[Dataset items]
____

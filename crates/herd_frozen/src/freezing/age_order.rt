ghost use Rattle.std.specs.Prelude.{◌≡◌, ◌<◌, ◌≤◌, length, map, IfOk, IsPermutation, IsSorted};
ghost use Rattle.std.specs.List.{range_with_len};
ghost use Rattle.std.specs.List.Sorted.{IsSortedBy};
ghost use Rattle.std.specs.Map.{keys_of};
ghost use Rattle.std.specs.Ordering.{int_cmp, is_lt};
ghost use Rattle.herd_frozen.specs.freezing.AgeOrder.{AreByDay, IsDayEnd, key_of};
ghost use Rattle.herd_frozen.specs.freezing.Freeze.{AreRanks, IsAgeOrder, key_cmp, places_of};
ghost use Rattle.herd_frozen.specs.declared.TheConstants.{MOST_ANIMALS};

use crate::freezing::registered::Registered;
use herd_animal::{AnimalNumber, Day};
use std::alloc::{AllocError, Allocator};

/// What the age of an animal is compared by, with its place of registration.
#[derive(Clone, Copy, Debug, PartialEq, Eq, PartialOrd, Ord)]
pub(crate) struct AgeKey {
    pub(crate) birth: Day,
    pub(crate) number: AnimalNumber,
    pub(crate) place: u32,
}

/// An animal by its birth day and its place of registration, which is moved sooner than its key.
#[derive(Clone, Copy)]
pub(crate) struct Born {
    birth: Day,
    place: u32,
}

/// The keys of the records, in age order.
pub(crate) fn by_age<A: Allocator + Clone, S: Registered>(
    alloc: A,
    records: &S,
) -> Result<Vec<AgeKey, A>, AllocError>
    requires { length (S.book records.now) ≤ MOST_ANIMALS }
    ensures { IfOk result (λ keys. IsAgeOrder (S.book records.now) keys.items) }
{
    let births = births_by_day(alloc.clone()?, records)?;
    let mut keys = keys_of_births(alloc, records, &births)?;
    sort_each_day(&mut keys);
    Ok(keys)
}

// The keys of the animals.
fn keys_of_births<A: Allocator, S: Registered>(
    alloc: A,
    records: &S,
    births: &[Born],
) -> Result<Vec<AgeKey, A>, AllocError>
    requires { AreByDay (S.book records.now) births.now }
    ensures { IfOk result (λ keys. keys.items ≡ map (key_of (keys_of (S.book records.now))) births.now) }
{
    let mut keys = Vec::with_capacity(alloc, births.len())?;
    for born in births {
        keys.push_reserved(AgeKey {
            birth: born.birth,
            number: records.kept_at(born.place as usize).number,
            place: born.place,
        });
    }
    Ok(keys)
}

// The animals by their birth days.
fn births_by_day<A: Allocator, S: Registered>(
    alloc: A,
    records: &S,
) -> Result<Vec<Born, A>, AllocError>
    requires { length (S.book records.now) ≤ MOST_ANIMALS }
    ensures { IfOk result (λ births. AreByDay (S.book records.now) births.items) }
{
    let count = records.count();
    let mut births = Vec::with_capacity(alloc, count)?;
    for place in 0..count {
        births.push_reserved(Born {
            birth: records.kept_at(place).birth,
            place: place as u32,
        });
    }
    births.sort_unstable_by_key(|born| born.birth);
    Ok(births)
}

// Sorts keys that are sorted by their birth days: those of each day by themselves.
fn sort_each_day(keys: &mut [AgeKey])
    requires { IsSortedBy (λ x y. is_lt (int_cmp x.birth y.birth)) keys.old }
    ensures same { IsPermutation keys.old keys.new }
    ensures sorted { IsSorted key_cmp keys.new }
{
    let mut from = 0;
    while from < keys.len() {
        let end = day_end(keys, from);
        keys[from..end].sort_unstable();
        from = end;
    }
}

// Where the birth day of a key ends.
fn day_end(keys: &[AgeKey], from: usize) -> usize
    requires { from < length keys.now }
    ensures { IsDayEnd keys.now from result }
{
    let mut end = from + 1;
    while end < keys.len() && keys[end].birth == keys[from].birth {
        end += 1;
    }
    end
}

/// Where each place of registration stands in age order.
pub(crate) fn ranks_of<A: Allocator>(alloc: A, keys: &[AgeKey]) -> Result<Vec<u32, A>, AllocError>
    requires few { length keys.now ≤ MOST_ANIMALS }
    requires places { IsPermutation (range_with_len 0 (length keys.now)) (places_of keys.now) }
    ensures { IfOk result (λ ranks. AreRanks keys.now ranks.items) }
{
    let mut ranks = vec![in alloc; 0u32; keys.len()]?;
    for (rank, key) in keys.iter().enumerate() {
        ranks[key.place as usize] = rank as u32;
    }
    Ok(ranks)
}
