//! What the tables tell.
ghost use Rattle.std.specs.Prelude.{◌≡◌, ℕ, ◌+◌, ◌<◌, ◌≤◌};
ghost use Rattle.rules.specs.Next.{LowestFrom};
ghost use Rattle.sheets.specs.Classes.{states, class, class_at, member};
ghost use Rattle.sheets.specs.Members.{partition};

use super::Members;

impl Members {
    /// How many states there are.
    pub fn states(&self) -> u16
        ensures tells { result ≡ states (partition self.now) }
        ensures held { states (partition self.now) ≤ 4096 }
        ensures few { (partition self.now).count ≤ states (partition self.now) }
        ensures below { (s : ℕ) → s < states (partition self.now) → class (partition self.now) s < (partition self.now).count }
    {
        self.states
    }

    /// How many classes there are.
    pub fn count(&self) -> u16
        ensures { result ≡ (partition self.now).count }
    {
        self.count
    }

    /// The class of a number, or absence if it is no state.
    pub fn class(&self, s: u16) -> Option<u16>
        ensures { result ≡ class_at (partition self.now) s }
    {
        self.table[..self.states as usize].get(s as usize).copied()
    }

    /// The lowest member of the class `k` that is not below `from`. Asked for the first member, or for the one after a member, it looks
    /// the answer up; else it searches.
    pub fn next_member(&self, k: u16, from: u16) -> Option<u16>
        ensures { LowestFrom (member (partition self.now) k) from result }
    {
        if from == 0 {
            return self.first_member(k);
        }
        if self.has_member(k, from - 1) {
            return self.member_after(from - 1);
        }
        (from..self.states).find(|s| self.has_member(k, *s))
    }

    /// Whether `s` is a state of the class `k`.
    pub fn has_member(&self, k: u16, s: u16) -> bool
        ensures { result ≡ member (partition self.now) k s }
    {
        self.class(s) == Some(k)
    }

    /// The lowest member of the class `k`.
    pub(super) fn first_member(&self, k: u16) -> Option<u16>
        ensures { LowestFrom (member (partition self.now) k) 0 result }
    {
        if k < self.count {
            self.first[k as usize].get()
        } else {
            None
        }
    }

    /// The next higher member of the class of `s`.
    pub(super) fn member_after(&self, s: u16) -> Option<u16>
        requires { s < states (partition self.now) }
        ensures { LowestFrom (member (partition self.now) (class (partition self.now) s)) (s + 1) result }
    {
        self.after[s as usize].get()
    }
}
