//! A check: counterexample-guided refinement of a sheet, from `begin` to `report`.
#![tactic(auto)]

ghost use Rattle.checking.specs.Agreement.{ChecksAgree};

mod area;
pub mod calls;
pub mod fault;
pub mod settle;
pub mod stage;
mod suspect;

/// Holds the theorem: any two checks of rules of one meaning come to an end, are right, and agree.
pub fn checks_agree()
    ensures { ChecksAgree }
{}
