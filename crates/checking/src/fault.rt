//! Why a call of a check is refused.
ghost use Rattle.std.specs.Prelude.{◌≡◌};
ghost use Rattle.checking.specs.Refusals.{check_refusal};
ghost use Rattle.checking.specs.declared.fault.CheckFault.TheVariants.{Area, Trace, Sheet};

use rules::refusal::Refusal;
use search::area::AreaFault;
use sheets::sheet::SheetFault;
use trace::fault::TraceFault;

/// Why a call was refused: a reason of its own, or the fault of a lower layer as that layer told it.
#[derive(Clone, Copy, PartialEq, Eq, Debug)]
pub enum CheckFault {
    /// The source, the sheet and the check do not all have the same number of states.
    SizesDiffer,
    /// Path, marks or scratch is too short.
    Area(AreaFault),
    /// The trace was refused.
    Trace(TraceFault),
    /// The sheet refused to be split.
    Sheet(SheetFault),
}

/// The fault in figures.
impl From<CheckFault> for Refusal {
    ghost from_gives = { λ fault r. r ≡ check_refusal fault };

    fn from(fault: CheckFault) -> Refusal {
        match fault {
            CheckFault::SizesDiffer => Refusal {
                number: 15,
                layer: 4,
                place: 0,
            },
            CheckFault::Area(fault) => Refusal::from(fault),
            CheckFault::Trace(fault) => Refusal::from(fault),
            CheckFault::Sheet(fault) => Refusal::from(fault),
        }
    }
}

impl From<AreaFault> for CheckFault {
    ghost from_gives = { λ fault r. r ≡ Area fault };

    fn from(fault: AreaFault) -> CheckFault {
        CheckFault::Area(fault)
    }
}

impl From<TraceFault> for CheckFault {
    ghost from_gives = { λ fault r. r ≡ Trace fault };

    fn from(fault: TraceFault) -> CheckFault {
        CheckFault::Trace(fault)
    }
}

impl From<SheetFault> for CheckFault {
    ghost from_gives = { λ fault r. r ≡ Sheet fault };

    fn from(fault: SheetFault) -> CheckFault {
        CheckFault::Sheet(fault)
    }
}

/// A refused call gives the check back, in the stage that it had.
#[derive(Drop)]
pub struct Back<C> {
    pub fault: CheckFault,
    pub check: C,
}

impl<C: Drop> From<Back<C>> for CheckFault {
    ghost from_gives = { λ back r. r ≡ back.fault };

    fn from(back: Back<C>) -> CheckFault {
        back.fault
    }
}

____

**PROBLEM STATEMENT**.
Which lines of the records above hold the word "AnimalNumber"? Copy each of them.

**YOUR RESPONSE**.
use herd_animal::{AnimalNumber, Day};
    pub(crate) number: AnimalNumber,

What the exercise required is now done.